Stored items
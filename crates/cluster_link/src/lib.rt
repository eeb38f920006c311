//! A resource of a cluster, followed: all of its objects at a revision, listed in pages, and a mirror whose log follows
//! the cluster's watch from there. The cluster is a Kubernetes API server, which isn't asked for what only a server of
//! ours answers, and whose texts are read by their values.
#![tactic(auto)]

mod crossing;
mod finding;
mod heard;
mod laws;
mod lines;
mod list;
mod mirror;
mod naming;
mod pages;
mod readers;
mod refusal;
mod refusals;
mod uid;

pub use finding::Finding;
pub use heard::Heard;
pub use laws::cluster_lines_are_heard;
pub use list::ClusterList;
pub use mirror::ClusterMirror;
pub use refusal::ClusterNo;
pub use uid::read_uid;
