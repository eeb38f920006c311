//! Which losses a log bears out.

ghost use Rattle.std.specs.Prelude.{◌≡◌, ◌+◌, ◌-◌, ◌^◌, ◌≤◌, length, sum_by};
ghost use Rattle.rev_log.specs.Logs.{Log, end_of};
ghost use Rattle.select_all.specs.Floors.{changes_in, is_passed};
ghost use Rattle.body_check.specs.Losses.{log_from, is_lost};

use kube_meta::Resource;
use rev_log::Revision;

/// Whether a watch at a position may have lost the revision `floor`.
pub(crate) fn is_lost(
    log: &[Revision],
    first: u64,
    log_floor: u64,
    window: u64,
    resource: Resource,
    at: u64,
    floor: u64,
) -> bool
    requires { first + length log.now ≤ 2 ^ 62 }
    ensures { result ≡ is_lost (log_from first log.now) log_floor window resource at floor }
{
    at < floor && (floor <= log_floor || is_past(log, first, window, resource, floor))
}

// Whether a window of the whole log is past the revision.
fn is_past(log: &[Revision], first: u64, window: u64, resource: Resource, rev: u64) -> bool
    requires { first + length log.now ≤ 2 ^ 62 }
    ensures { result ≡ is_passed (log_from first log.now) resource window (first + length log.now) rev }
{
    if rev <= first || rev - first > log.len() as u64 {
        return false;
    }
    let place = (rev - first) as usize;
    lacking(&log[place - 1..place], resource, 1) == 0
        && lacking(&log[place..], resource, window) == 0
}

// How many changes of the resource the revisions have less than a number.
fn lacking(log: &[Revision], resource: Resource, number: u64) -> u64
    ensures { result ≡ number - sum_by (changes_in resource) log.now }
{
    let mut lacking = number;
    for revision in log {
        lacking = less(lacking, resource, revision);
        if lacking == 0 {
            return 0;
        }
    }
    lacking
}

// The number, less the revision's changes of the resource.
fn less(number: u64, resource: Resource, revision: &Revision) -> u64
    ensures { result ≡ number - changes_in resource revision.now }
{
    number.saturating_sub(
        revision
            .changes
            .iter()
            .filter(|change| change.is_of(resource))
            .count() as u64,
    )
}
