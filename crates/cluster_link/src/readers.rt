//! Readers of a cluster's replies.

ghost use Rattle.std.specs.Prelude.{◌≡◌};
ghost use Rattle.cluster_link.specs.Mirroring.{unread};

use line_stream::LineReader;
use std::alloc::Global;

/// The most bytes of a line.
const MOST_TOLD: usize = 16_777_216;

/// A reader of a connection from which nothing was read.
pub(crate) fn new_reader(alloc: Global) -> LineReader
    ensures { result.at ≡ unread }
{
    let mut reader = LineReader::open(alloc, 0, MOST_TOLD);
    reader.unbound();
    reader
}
==
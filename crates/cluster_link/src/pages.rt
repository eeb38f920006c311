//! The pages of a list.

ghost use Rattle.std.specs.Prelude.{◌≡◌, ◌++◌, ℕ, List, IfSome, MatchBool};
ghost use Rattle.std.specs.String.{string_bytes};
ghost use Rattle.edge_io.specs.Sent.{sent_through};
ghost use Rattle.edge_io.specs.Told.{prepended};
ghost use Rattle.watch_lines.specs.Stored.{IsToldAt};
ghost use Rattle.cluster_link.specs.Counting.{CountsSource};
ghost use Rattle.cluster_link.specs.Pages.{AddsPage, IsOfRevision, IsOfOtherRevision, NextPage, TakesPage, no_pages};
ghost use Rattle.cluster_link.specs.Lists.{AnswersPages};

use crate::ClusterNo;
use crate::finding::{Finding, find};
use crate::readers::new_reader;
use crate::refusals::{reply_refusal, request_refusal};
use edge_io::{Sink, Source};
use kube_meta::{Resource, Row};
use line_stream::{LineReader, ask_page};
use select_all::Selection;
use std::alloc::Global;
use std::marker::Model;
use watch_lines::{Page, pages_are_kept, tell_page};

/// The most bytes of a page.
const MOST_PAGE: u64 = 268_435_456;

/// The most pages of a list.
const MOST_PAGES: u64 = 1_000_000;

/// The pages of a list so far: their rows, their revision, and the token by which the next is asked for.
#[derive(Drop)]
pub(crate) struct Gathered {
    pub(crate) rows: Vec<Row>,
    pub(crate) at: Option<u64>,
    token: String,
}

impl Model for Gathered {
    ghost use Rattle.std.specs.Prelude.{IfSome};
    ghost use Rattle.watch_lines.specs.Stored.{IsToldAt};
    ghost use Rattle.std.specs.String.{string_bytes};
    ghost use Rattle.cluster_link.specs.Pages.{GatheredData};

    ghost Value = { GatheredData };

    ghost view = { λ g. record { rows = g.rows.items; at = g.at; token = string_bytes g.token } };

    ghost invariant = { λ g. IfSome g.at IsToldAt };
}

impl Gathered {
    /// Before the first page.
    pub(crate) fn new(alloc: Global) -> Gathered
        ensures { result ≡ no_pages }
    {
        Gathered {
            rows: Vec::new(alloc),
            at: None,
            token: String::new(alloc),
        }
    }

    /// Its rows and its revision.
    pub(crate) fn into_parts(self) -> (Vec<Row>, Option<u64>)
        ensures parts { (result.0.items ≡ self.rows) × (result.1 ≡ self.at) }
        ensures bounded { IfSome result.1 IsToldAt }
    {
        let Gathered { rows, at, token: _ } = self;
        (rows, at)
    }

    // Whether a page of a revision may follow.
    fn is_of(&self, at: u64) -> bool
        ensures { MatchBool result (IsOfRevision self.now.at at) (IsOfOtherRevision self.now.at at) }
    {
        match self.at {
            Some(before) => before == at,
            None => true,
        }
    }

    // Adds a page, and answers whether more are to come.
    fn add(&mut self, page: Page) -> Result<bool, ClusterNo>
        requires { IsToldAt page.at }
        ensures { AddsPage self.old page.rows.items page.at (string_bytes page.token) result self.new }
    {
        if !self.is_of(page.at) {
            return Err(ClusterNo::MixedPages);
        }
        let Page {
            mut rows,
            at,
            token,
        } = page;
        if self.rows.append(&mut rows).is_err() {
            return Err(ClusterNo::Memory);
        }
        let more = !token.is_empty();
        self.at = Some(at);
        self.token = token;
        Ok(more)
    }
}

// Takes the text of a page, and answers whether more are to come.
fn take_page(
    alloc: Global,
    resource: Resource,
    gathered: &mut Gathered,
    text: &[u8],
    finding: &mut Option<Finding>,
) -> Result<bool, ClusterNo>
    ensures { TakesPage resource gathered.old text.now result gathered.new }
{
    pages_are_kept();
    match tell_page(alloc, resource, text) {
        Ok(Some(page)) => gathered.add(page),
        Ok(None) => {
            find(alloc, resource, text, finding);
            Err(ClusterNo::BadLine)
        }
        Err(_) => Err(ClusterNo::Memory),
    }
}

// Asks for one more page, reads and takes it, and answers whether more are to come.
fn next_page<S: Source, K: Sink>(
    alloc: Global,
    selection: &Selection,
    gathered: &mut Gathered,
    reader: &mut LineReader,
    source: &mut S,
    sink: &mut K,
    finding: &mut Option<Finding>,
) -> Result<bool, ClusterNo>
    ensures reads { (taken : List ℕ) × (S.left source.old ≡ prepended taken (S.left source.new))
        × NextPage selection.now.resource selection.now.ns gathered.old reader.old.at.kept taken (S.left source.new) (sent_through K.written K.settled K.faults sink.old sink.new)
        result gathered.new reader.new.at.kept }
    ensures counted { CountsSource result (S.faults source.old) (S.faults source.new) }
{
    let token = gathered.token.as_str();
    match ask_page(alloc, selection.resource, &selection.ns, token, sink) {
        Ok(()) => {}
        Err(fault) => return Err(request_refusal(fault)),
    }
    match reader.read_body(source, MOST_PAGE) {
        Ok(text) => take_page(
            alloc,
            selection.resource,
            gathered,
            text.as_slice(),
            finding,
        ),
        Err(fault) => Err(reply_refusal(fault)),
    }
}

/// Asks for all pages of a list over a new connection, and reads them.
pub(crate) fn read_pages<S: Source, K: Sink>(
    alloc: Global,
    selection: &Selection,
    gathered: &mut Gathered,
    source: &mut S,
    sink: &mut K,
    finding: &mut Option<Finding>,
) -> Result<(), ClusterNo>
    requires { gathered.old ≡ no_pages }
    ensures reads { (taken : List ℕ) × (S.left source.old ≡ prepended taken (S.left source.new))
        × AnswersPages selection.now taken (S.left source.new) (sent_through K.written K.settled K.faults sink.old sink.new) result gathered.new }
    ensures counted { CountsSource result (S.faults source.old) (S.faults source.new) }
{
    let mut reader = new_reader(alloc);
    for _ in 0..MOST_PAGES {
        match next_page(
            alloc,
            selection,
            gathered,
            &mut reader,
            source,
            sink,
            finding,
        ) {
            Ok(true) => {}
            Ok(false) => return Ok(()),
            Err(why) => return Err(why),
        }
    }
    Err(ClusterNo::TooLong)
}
---
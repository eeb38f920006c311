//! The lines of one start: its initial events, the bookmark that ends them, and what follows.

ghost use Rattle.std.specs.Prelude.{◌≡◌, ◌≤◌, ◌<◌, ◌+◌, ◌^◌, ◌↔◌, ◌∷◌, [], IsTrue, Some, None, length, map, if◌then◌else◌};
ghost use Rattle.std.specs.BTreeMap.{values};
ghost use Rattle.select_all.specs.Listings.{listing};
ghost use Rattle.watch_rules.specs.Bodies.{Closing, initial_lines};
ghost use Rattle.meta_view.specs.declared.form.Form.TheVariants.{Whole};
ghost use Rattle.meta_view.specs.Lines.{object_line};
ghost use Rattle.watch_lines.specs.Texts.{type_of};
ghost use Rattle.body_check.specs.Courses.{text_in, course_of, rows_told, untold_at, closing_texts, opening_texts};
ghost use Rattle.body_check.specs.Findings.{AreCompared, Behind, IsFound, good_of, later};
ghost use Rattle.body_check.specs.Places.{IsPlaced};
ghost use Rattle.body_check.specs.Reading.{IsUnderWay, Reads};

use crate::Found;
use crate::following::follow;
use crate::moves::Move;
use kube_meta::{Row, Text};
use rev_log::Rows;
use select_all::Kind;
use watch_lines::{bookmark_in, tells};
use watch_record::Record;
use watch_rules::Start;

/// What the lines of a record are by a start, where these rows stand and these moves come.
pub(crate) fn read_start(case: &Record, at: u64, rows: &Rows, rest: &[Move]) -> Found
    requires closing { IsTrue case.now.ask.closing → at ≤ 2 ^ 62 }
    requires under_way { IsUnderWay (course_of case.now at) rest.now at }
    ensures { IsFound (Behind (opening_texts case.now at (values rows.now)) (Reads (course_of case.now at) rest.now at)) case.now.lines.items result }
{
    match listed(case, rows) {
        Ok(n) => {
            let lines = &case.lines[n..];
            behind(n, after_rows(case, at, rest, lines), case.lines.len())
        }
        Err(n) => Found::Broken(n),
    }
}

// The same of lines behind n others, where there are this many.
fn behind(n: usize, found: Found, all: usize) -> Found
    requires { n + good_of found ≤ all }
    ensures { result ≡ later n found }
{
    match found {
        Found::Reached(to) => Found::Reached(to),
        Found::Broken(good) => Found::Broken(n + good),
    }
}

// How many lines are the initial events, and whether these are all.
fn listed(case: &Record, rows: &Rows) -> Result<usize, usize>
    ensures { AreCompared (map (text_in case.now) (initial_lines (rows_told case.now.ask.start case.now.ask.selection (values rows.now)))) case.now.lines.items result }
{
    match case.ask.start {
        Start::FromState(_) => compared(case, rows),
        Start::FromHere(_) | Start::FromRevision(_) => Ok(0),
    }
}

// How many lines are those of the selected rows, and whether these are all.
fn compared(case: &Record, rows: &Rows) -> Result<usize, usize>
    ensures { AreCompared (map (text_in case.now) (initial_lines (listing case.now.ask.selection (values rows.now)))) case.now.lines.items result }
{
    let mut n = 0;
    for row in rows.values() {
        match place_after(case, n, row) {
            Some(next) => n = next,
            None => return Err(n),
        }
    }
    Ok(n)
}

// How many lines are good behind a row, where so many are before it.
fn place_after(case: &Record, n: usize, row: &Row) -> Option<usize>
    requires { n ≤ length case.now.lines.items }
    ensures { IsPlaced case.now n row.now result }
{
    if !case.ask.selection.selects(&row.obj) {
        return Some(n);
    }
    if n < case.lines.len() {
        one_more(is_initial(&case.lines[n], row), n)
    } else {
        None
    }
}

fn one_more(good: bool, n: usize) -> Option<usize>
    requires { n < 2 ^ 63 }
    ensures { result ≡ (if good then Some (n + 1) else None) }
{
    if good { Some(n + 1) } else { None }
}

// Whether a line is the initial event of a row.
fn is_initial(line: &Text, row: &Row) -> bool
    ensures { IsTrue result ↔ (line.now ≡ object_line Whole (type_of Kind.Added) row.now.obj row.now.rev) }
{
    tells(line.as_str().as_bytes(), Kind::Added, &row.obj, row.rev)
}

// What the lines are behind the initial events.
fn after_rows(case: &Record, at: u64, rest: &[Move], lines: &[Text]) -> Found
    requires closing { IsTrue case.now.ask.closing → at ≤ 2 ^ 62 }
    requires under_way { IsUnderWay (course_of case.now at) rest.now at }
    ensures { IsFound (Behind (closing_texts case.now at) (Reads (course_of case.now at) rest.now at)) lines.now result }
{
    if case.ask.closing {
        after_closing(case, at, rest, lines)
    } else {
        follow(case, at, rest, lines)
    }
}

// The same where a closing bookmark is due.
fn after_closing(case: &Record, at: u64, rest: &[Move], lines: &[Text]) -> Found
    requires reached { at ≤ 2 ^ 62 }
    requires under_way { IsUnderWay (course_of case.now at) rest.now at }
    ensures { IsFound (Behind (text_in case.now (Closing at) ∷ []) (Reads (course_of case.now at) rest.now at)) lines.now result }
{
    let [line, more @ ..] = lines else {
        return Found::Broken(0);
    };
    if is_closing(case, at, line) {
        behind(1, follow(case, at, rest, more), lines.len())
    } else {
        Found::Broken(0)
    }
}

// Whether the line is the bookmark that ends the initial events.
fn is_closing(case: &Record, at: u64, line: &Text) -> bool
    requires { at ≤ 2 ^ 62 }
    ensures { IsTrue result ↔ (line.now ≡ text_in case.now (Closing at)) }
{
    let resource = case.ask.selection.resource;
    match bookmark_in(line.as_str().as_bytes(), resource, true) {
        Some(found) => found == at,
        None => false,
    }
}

## ASSIGNED TASK
Which lines above contain the word "filename"? Copy all of them.

## THE COMPLETED TASK
filename crates/cluster_link/src/lib.rt
filename crates/cluster_link/src/readers.rt
filename crates/cluster_link/src/pages.rt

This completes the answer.